━━ Dataset records ━━

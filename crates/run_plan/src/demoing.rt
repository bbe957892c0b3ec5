//! The demo: the plan of its queries over its tables.

ghost use Rattle.std.specs.Prelude.{◌≡◌, ◌≤◌, ◌%◌, [], Ok, Err, IfOk, IfErr, All, length};
ghost use Rattle.command_line.specs.Within.{IsDemo};
ghost use Rattle.run_base.specs.Runnable.{IsRunnable};
ghost use Rattle.demo_tables.specs.Demo as tables;
ghost use Rattle.run_plan.specs.DemoScript as demo_spec;
ghost use Rattle.run_plan.specs.Doing.{Refuses, IsParsedScript};
ghost use Rattle.run_plan.specs.Headings.{opened_as};
ghost use Rattle.run_plan.specs.Naming.{zero_counts};
ghost use Rattle.run_plan.specs.Open.{HasRemotes};
ghost use Rattle.run_plan.specs.Prepared as spec;
ghost use Rattle.run_plan.specs.Prepared.{predicates};

use crate::plan::Plan;
use crate::preparing::{bind_over, parse_script};
use crate::status::Status;
use demo_tables::demo;
use sq_parse::Script;
use sq_value::Predicates;
use sqlite_items::Items;
use std::alloc::Global;

// The three queries, as one script.
#[tactic(auto, unfolding(crate::specs::DemoScript::demo_script))]
fn queries() -> &'static str
    ensures script { result.now ≡ demo_spec.demo_script }
    ensures short { length result.now ≤ 67108864 }
{
    "SELECT p.id, s.qty FROM part p, sale s WHERE p.id = s.part AND p.kind = 3 ORDER BY p.id; \
    SELECT p.id, s.qty, t.held FROM sale s, part p, stock t \
    WHERE s.part = p.id AND t.part = p.id AND t.held < 5; \
    SELECT s.qty FROM part p, sale s WHERE p.id = s.part AND 10 * p.kind < s.qty"
}

// The plan of a script over the demo's tables.
fn plan_demo<P: Predicates>(
    alloc: Global,
    rows: u32,
    seed: u64,
    script: &Script,
    functions: &P,
) -> Result<Plan, Status>
    requires rows { IsDemo rows }
    requires parsed { IsParsedScript script.now }
    ensures ok { let p = predicates (P.number_of functions.now) (P.kinds_of functions.now) P.gives in
        IfOk result (λ plan.
        spec.IsBoundPlan p [] script.now (opened_as (tables.demo rows (seed % 1000)) []) (Ok plan)) }
    ensures run { IfOk result (λ plan.
        All (IsRunnable (P.kinds_of functions.now) plan.catalogue.tables) plan.statements) }
    ensures remotes { IfOk result HasRemotes }
    ensures refused { let p = predicates (P.number_of functions.now) (P.kinds_of functions.now) P.gives in
        IfErr result (λ s.
        Refuses zero_counts
        (spec.IsBoundPlan p [] script.now (opened_as (tables.demo rows (seed % 1000)) []) (Err s)) s) }
{
    match demo(alloc, rows, seed) {
        Ok(catalogue) => bind_over(alloc, &[], script, catalogue, Items::new(alloc), functions),
        Err(_) => Err(Status::Memory),
    }
}

/// The plan of the demo, with so many rows a table. It has one whatever the rows, the seed and the predicates: its
/// script is one, and each of its statements binds and can be reached (`planned`).
///
/// # Errors
/// `Memory`: there is no memory for it.
pub fn prepare_demo<P: Predicates>(
    alloc: Global,
    rows: u32,
    seed: u64,
    functions: &P,
) -> Result<Plan, Status>
    requires { IsDemo rows }
    ensures ok { let p = predicates (P.number_of functions.now) (P.kinds_of functions.now) P.gives in
        IfOk result (λ plan. spec.IsDemoPlan p rows seed (Ok plan)) }
    ensures run { IfOk result (λ plan.
        All (IsRunnable (P.kinds_of functions.now) plan.catalogue.tables) plan.statements) }
    ensures remotes { IfOk result HasRemotes }
    ensures refused { let p = predicates (P.number_of functions.now) (P.kinds_of functions.now) P.gives in
        IfErr result (λ s. Refuses zero_counts (spec.IsDemoPlan p rows seed (Err s)) s) }
    ensures planned { let p = predicates (P.number_of functions.now) (P.kinds_of functions.now) P.gives in
        spec.HasDemoPlan p rows seed }
    ensures memory { IfErr result (λ s. s ≡ Status.Memory) }
{
    match parse_script(alloc, queries().as_bytes()) {
        Ok(script) => plan_demo(alloc, rows, seed, &script, functions),
        Err(refusal) => Err(refusal),
    }
}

━━━

[What the exercise asks] Exactly as they stand, please print the lines from the first line of the records above down to the line that includes "WHERE s.part = p.id", both of those included and no others.

[Result for this exercise]
filename crates/run_plan/src/demoing.rt
repository bbe957892c0b3ec5
//! The demo: the plan of its queries over its tables.

ghost use Rattle.std.specs.Prelude.{◌≡◌, ◌≤◌, ◌%◌, [], Ok, Err, IfOk, IfErr, All, length};
ghost use Rattle.command_line.specs.Within.{IsDemo};
ghost use Rattle.run_base.specs.Runnable.{IsRunnable};
ghost use Rattle.demo_tables.specs.Demo as tables;
ghost use Rattle.run_plan.specs.DemoScript as demo_spec;
ghost use Rattle.run_plan.specs.Doing.{Refuses, IsParsedScript};
ghost use Rattle.run_plan.specs.Headings.{opened_as};
ghost use Rattle.run_plan.specs.Naming.{zero_counts};
ghost use Rattle.run_plan.specs.Open.{HasRemotes};
ghost use Rattle.run_plan.specs.Prepared as spec;
ghost use Rattle.run_plan.specs.Prepared.{predicates};

use crate::plan::Plan;
use crate::preparing::{bind_over, parse_script};
use crate::status::Status;
use demo_tables::demo;
use sq_parse::Script;
use sq_value::Predicates;
use sqlite_items::Items;
use std::alloc::Global;

// The three queries, as one script.
#[tactic(auto, unfolding(crate::specs::DemoScript::demo_script))]
fn queries() -> &'static str
    ensures script { result.now ≡ demo_spec.demo_script }
    ensures short { length result.now ≤ 67108864 }
{
    "SELECT p.id, s.qty FROM part p, sale s WHERE p.id = s.part AND p.kind = 3 ORDER BY p.id; \
    SELECT p.id, s.qty, t.held FROM sale s, part p, stock t \
    WHERE s.part = p.id AND t.part = p.id AND t.held < 5; \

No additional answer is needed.